• [TASK DESCRIPTION]
Check every line of the data and copy the ones where "that" appears.

• [SOURCE DATA]
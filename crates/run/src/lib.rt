// A run of commands over one store: it is judged once, and then worked on without judging again.
#![tactic(auto)]

ghost use Rattle.std.specs.Prelude.{◌≡◌, ◌≢◌, ◌+◌, ◌≤◌, not, ◌∷◌, [], length};
ghost use Rattle.links.specs.Lists.{nobody};
ghost use Rattle.contracts.specs.Tells.{Tells};
ghost use Rattle.records.specs.Words.{words, parts, holding, Sound};
ghost use Rattle.delay_queue.specs.Claims.{FormatClaim, CallClaim};
ghost use Rattle.queue.specs.Told.{told};
ghost use Rattle.promises.specs.OneCall.{is_no};
ghost use Rattle.run.specs.Groups.{command_words, answer_words, GroupIs, BlankIs, Written};
ghost use Rattle.run.specs.Run.{MustWait, Knows, RunClaim, RunKnown};

use delay_queue::{Call, Heads};
use queue::{Answer, ReplyParts};
use refusals::Refusal;
use wheel::Wheel;

// An answer with elapsed and the poll in hand after it, and whether the store is sound then.
#[derive(Clone, Copy)]
pub struct KnownReply {
    pub answer: Answer,
    pub elapsed: u64,
    pub hand: u16,
    pub until: u64,
    pub sound: bool,
}

// Why a run stopped.
#[derive(Clone, Copy)]
pub enum Why {
    // fewer than four words are left
    NoWords,
    // the next four words are no command
    NoCommand,
    // six words of room are not left for the answer to the next command
    NoRoom,
}

// How many commands were answered and why no more were, elapsed and the poll in hand after them, and whether the store is
// sound then.
#[derive(Clone, Copy)]
pub struct RanParts {
    pub done: usize,
    pub why: Why,
    pub elapsed: u64,
    pub hand: u16,
    pub until: u64,
    pub sound: bool,
}

// How many commands were answered and why no more were, and the state and the heads after them.
#[derive(Clone, Copy)]
pub struct Ran {
    pub done: usize,
    pub why: Why,
    pub state: Wheel,
    pub heads: Heads,
}

// The call, where the words that it does not use are 0.
fn if_blank(x: u64, y: u64, z: u64, call: Call) -> Option<Call>
    ensures { BlankIs x y z call result }
{
    if x == 0 && y == 0 && z == 0 {
        Some(call)
    } else {
        None
    }
}

// What four words ask, if it is a call: a kind, and the numbers of a call in the papers' order with 0 behind them. The kinds are those of the
// journal, and 12 and 13 for the calls that change nothing.
pub fn call_of(kind: u64, a: u64, b: u64, c: u64) -> Option<Call>
    ensures { GroupIs (kind ∷ a ∷ b ∷ c ∷ []) result }
{
    match kind {
        1 => if_blank(0, 0, c, Call::Format(a, b)),
        2 => if_blank(0, 0, 0, Call::Insert(a, b, c)),
        3 => if_blank(0, 0, c, Call::Reset(a, b)),
        4 => if_blank(0, b, c, Call::Remove(a)),
        5 => if_blank(0, b, c, Call::Poll(a)),
        6 => if_blank(a, b, c, Call::Clear),
        11 => if_blank(0, 0, c, Call::PollSome(a, b)),
        12 => if_blank(a, b, c, Call::Wake),
        13 => if_blank(a, b, c, Call::Length),
        _ => None,
    }
}

// The words of a call as a command.
pub fn command_of(call: Call) -> [u64; 4]
    ensures { result ≡ command_words call }
{
    match call {
        Call::Format(n, turn) => [1, n, turn, 0],
        Call::Insert(value, when, period) => [2, value, when, period],
        Call::Reset(key, when) => [3, key, when, 0],
        Call::Remove(key) => [4, key, 0, 0],
        Call::Poll(time) => [5, time, 0, 0],
        Call::PollSome(time, limit) => [11, time, limit, 0],
        Call::Wake => [12, 0, 0, 0],
        Call::Length => [13, 0, 0, 0],
        Call::Clear => [6, 0, 0, 0],
    }
}

// An answer as six words: its number, and its numbers in the papers' order, with 0 behind them.
pub fn words_of(answer: Answer) -> [u64; 6]
    ensures { result ≡ answer_words (told answer) }
{
    match answer {
        Answer::Done => [0, 0, 0, 0, 0, 0],
        Answer::Key(key) => [1, key, 0, 0, 0, 0],
        Answer::Gone(value, deadline) => [2, value, deadline, 0, 0, 0],
        Answer::Out(key, value, deadline, moves, drains) => [
            3, key, value, deadline, moves, drains,
        ],
        Answer::Last(key, value, deadline, moves, drains) => [
            4, key, value, deadline, moves, drains,
        ],
        Answer::Nothing(moves, drains) => [5, moves, drains, 0, 0, 0],
        Answer::Wake(time) => [6, time, 0, 0, 0, 0],
        Answer::NoWake => [7, 0, 0, 0, 0, 0],
        Answer::Length(n) => [8, n, 0, 0, 0, 0],
        Answer::No(number) => [9, number, 0, 0, 0, 0],
        Answer::NotYet(moves, drains) => [10, moves, drains, 0, 0, 0],
    }
}

// The words of an answer from `at` on.
fn write_answer(to: &mut [u64], at: usize, answer: Answer)
    requires { at + 6 ≤ length to.old }
    ensures { Written at (answer_words (told answer)) to.old to.new }
{
    to[at..at + 6].copy_from_slice(&words_of(answer));
}

// Format, of the parts.
fn formats(
    elapsed: u64,
    occupied: &mut [u64; 6],
    tops: &mut [u16; 4],
    heads: &mut [[u16; 64]; 6],
    values: &mut [u64],
    deadlines: &mut [u64],
    nexts: &mut [u16],
    prevs: &mut [u16],
    turns: &mut [u64],
    marks: &mut [u16],
    hand: u16,
    until: u64,
    n: u64,
    turn: u64,
) -> ReplyParts
    ensures { FormatClaim (holding hand until (parts elapsed occupied.old tops.old heads.old values.old deadlines.old nexts.old prevs.old turns.old marks.old))
        n turn result.answer (holding result.hand result.until
        (parts result.elapsed occupied.new tops.new heads.new values.new deadlines.new nexts.new prevs.new turns.new marks.new)) }
{
    let taken = records::format_no(values, deadlines, nexts, prevs, turns, marks, n, turn);
    if let Err(refusal) = taken {
        return ReplyParts {
            answer: Answer::No(refusal.number()),
            elapsed,
            hand,
            until,
        };
    }
    records::make(
        tops, heads, values, deadlines, nexts, prevs, turns, marks, n as u16, turn,
    );
    *occupied = [0; 6];
    ReplyParts {
        answer: Answer::Done,
        elapsed: 0,
        hand: links::NOBODY,
        until: 0,
    }
}

// Whether the call must wait until the poll in hand ends. A poll judges that itself.
fn must_wait(hand: u16, call: Call) -> bool
    ensures { Tells ((hand ≢ nobody) × MustWait call) result }
{
    if hand == links::NOBODY {
        return false;
    }
    matches!(
        call,
        Call::Insert(..) | Call::Reset(..) | Call::Remove(_) | Call::Wake
    )
}

// Any call on a sound store, which stays sound.
fn on_sound(
    elapsed: u64,
    occupied: &mut [u64; 6],
    tops: &mut [u16; 4],
    heads: &mut [[u16; 64]; 6],
    values: &mut [u64],
    deadlines: &mut [u64],
    nexts: &mut [u16],
    prevs: &mut [u16],
    turns: &mut [u64],
    marks: &mut [u16],
    hand: u16,
    until: u64,
    call: Call,
) -> ReplyParts
    requires { Sound (holding hand until (parts elapsed occupied.old tops.old heads.old values.old deadlines.old nexts.old prevs.old turns.old marks.old)) }
    ensures { CallClaim call
        (holding hand until (parts elapsed occupied.old tops.old heads.old values.old deadlines.old nexts.old prevs.old turns.old marks.old))
        result.answer (holding result.hand result.until
        (parts result.elapsed occupied.new tops.new heads.new values.new deadlines.new nexts.new prevs.new turns.new marks.new)) }
{
    if must_wait(hand, call) {
        return ReplyParts {
            answer: Answer::No(Refusal::PollInHand as u64),
            elapsed,
            hand,
            until,
        };
    }
    match call {
        Call::Format(n, turn) => formats(
            elapsed, occupied, tops, heads, values, deadlines, nexts, prevs, turns, marks, hand,
            until, n, turn,
        ),
        Call::Poll(time) => queue::poll(
            elapsed,
            occupied,
            tops,
            heads,
            values,
            deadlines,
            nexts,
            prevs,
            turns,
            marks,
            hand,
            until,
            time,
            u64::MAX,
        ),
        Call::PollSome(time, limit) => queue::poll(
            elapsed, occupied, tops, heads, values, deadlines, nexts, prevs, turns, marks, hand,
            until, time, limit,
        ),
        Call::Length => {
            let n = queue::length(places::count_of(tops), marks);
            ReplyParts {
                answer: Answer::Length(n),
                elapsed,
                hand,
                until,
            }
        }
        Call::Clear => {
            let answer = queue::clear(
                elapsed, occupied, tops, heads, values, deadlines, nexts, prevs, turns, marks,
            );
            ReplyParts {
                answer,
                elapsed: 0,
                hand: links::NOBODY,
                until: 0,
            }
        }
        Call::Insert(value, when, period) => {
            let answer = queue::insert(
                elapsed, occupied, tops, heads, values, deadlines, nexts, prevs, turns, marks,
                value, when, period,
            );
            ReplyParts {
                answer,
                elapsed,
                hand: links::NOBODY,
                until: 0,
            }
        }
        Call::Reset(key, when) => {
            let answer = queue::reset(
                elapsed, occupied, tops, heads, values, deadlines, nexts, prevs, turns, marks, key,
                when,
            );
            ReplyParts {
                answer,
                elapsed,
                hand: links::NOBODY,
                until: 0,
            }
        }
        Call::Remove(key) => {
            let answer = queue::remove(
                elapsed, occupied, tops, heads, values, deadlines, nexts, prevs, turns, marks, key,
            );
            ReplyParts {
                answer,
                elapsed,
                hand: links::NOBODY,
                until: 0,
            }
        }
        Call::Wake => {
            let expired = places::first_expired(tops);
            let parked = places::first_parked(tops);
            let answer = queue::next_wake(elapsed, occupied, deadlines, expired, parked);
            ReplyParts {
                answer,
                elapsed,
                hand,
                until,
            }
        }
    }
}

// Whether the answer is no refusal.
fn accepted(answer: Answer) -> bool
    ensures { result ≡ not (is_no (told answer)) }
{
    !matches!(answer, Answer::No(_))
}

// Any call on a store of which it is known whether it is sound: it is not judged again, and known after it.
pub fn known(
    sound: bool,
    elapsed: u64,
    occupied: &mut [u64; 6],
    tops: &mut [u16; 4],
    heads: &mut [[u16; 64]; 6],
    values: &mut [u64],
    deadlines: &mut [u64],
    nexts: &mut [u16],
    prevs: &mut [u16],
    turns: &mut [u64],
    marks: &mut [u16],
    hand: u16,
    until: u64,
    call: Call,
) -> KnownReply
    requires { Tells (Sound (holding hand until
        (parts elapsed occupied.old tops.old heads.old values.old deadlines.old nexts.old prevs.old turns.old marks.old))) sound }
    ensures { Knows call (holding hand until (parts elapsed occupied.old tops.old heads.old values.old deadlines.old nexts.old prevs.old turns.old marks.old))
        result.answer (holding result.hand result.until
        (parts result.elapsed occupied.new tops.new heads.new values.new deadlines.new nexts.new prevs.new turns.new marks.new)) result.sound }
{
    if sound {
        let out = on_sound(
            elapsed, occupied, tops, heads, values, deadlines, nexts, prevs, turns, marks, hand,
            until, call,
        );
        let answer = out.answer;
        return KnownReply {
            answer,
            elapsed: out.elapsed,
            hand: out.hand,
            until: out.until,
            sound: true,
        };
    }
    let Call::Format(n, turn) = call else {
        let answer = Answer::No(Refusal::NotSound as u64);
        return KnownReply {
            answer,
            elapsed,
            hand,
            until,
            sound: false,
        };
    };
    let out = formats(
        elapsed, occupied, tops, heads, values, deadlines, nexts, prevs, turns, marks, hand, until,
        n, turn,
    );
    let answer = out.answer;
    let taken = accepted(answer);
    KnownReply {
        answer,
        elapsed: out.elapsed,
        hand: out.hand,
        until: out.until,
        sound: taken,
    }
}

• [ANSWER SPACE]
// The call, where the words that it does not use are 0.
// journal, and 12 and 13 for the calls that change nothing.
// Whether the call must wait until the poll in hand ends. A poll judges that itself.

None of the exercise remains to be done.